Syria has been a concern of Morsi’s but wasn’t as big a focus [as his domestic problems]. He realizes that Egypt is in a pretty constrained position to play a regional role, with financial dependence on Qatar as a lifeline, so he’s followed what Qatar was doing. Quite frankly Qatar has more resources to devote to Syria than it does to Egypt. One concern Morsi had was, “You have a massive influx of [Syrian] people into Egypt – who takes care of them?” [The refugee situation] is impacting Egypt, but not in the degree it’s impacted Lebanon or Jordan.

In recent days, Muslim Brotherhood supporters called for support for jihad in Syria. That could be seen as the Muslim Brotherhood trying to reassert itself, in the past few months, into the chaos of the Syrian opposition. There are also tensions now between Saudi Arabia and Qatar. Saudi has been pushing the more traditionalist elements [in Syria], while Qatar, who had been taking the lead role, was pushing the Muslim Brotherhood. This shift in balance towards Saudi now taking a larger leadership role in Syria, eclipsing Qatar, has clearly put the Muslim Brotherhood in a tight position. So Egypt is facing a more fiscally constrained environment, this ongoing competition between Saudi and Qatar on the role of the Muslim Brotherhood.

And Morsi announced that any Egyptians who went to fight in Syria would not be prosecuted when they returned. This is a sign that the Muslim Brotherhood wants to support their [Brotherhood] colleagues on the ground.

Syria Deeply: What’s the relationship like between Morsi and Assad?

AB: I don’t think Assad and Morsi ever really had a relationship. Egypt has always backed the Arab League stance [against Assad]. I don’t think there could ever have been a strong Muslim Brotherhood/Egypt relationship with an Assad regime.

SD: Does the timing of this pullback have anything to do with Barack Obama’s announcement that the U.S. will arm the Syrian rebels?

AB: I don’t know if it’s necessarily that the decision to arm was the trigger for this, or that even the use of chemical weapons factored in. It could be a coincidence or a buildup of events. I do think it makes it easier for anyone in the Egyptian military to go along with it if that’s what the U.S. is doing now.

SD: What will Morsi’s decision mean for the Assad regime?
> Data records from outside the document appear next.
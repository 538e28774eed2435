//! Stores of two slots, whose roots are the vectors themselves, with buckets of hashes computed by hand.
ghost use Rattle.std.specs.Prelude.{◌≡◌, ◌^◌, ◌<◌, ◌≤◌, IfOk, MatchOption, Some};
ghost use Rattle.pair_rule.specs.Rest.{AtRest, KnowsName};
ghost use Rattle.root_plain.specs.Plain.{plain};

mod crowd;
mod flags;

use crate::{PlainRoot, find_id, put_root, root_pair};
use pair_nodes::Nodes;
use pair_rule::{PairTable, Pass, RootsFull, Sizes};
use std::alloc::Global;
use std::process::Abort;
use std::test::Fail;
use std::thread;
use tdb_base::{Kept, Ledger, NoMemory, Silent, Steps};

pub(crate) type Store = Nodes<PlainRoot<16, 8>, 16, 8>;

pub(crate) type StorePass = Pass<PlainRoot<16, 8>, 16, 8>;

// A store of vectors of two slots, with `2^roots` buckets for roots, and its pass.
pub(crate) fn store(alloc: Global, roots: u32) -> Result<(Store, StorePass), NoMemory>
    requires { (3 ≤ roots) × (roots ≤ 24) }
    ensures width { IfOk result (λ made. made.0.about.width ≡ 16) }
    ensures flags { IfOk result (λ made. made.0.about.flags ≡ 8) }
    ensures slots { IfOk result (λ made. made.0.about.slots ≡ 2) }
    ensures rest { IfOk result (λ made. AtRest plain made.0 made.1) }
{
    let sizes = Sizes {
        nodes: 3,
        roots,
        region: 6,
        probe: 4_194_304,
    };
    let (table, pass) = PairTable::create(alloc, &sizes, 2)?;
    Ok((Nodes::over(table), pass))
}

// The answer of the pair's root: its bucket, and whether it is new.
pub(crate) fn put<L: Ledger>(
    store: &Store,
    pass: &mut StorePass,
    left: u64,
    right: u64,
    steps: &mut Steps<L>,
) -> Option<(u64, bool)>
    requires width { store.now.about.width ≡ 16 }
    requires slots { store.now.about.slots ≡ 2 }
    requires rest { AtRest plain store.now pass.old }
    requires parts { (left < 2 ^ 16) × (right < 2 ^ 16) }
    ensures rest { AtRest plain store.now pass.new }
    ensures named { MatchOption result (Unit {0})
        (λ a. KnowsName pass.new a.0) }
{
    match put_root(store, pass, left, right, steps) {
        Ok(found) => Some(found),
        Err(RootsFull) => None,
    }
}

#[test]
fn answers_buckets_of_paths(rt: HostRuntime) -> Result<(), Fail> {
    let (store, mut pass) = store(rt.alloc(), 3)?;
    let mut steps = Steps::new(Silent);
    assert_eq!(rt; put(&store, &mut pass, 3, 5, &mut steps), Some((0, true)));
    assert_eq!(rt; put(&store, &mut pass, 5, 3, &mut steps), Some((6, true)));
    let Some((id, fresh)) = put(&store, &mut pass, 3, 5, &mut steps) else {
        panic!(rt; "full")
    };
    assert!(rt; id == 0 && !fresh);
    assert_eq!(rt; root_pair(&store, &mut pass, id), (3, 5));
    assert_eq!(rt; find_id(&store, &mut pass, 6), Some((5, 3)));
    assert_eq!(rt; find_id(&store, &mut pass, 1), None);
    assert_eq!(rt; find_id(&store, &mut pass, 8), None);
    assert!(rt; pass.names_count == 2);
    Ok(())
}

// So many roots fill a table of so many buckets, and one more finds no place.
fn fills(rt: &impl Abort, alloc: Global, roots: u32, count: u64) -> Result<(), NoMemory>
    requires { (3 ≤ roots) × (roots ≤ 24) × (count < 64) }
{
    let (store, mut pass) = store(alloc, roots)?;
    let mut steps = Steps::new(Kept { shown: 0 });
    let mut buckets = 0u64;
    for right in 0..count {
        let Some((id, fresh)) = put(&store, &mut pass, 0, right, &mut steps) else {
            panic!(rt; "full")
        };
        assert!(rt; fresh && id < count);
        buckets |= 1 << id;
    }
    assert!(rt; buckets == (1 << count) - 1);
    assert!(rt; put(&store, &mut pass, 0, count, &mut steps).is_none());
    assert!(rt; steps.shown() == count + 1);
    Ok(())
}

#[test]
fn fills_up(rt: HostRuntime) -> Result<(), Fail> {
    fills(&rt, rt.alloc(), 3, 8)?;
    fills(&rt, rt.alloc(), 4, 16)?;
    Ok(())
}

// Puts three roots and answers for each its bucket and whether it is new.
fn put_three(
    store: &Store,
    pass: &mut StorePass,
    first: u64,
) -> (
    Option<(u64, bool)>,
    Option<(u64, bool)>,
    Option<(u64, bool)>,
)
    requires width { store.now.about.width ≡ 16 }
    requires slots { store.now.about.slots ≡ 2 }
    requires rest { AtRest plain store.now pass.old }
    requires small { first < 2 ^ 15 }
    ensures rest { AtRest plain store.now pass.new }
{
    let mut steps = Steps::new(Silent);
    let a = put(store, pass, 0, first, &mut steps);
    let b = put(store, pass, 0, first + 1, &mut steps);
    let c = put(store, pass, 0, first + 2, &mut steps);
    (a, b, c)
}

// Both threads have the same identifier, and one of them was the first.
fn agrees(rt: &impl Abort, one: Option<(u64, bool)>, other: Option<(u64, bool)>) {
    let (Some((id, fresh)), Some((other_id, other_fresh))) = (one, other) else {
        panic!(rt; "full")
    };
    assert!(rt; id == other_id && fresh != other_fresh);
}

#[test]
fn two_threads_agree(rt: HostRuntime) -> Result<(), Fail> {
    let (store, mut first) = store(rt.alloc(), 3)?;
    let mut second = store.table().split(rt.alloc(), &mut first)?;
    let (one, two) = thread::join(
        &rt,
        || -> (
            (
                Option<(u64, bool)>,
                Option<(u64, bool)>,
                Option<(u64, bool)>,
            ),
            StorePass,
        )
            requires width { store.about.width ≡ 16 }
            requires slots { store.about.slots ≡ 2 }
            requires rest { AtRest plain store first }
            ensures { AtRest plain store result.1 }
        {
            let found = put_three(&store, &mut first, 1);
            (found, first)
        },
        || -> (
            (
                Option<(u64, bool)>,
                Option<(u64, bool)>,
                Option<(u64, bool)>,
            ),
            StorePass,
        )
            requires width { store.about.width ≡ 16 }
            requires slots { store.about.slots ≡ 2 }
            requires rest { AtRest plain store second }
            ensures { AtRest plain store result.1 }
        {
            let found = put_three(&store, &mut second, 2);
            (found, second)
        },
    );
    let ((_, first_b, first_c), mut first) = one;
    let ((second_b, second_c, last), second) = two;
    agrees(&rt, first_b, second_b);
    agrees(&rt, first_c, second_c);
    store.table().join(&mut first, second);
    let Some((id, fresh)) = last else {
        panic!(rt; "full")
    };
    assert!(rt; fresh && first.names_count == 4);
    assert_eq!(rt; find_id(&store, &mut first, id), Some((0, 4)));
    Ok(())
}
AB: Egypt’s a small player in this, and it’s just more noise of opposition for the regime. Assad knows how weak Egypt is. If this was Egypt under [Hosni] Mubarak or [Anwar] Sadat, it may have been a different case. But the Muslim Brotherhood has been opposing Assad from early on, so it’s not like this is such a big shift. It’s not like this impacts him much at all.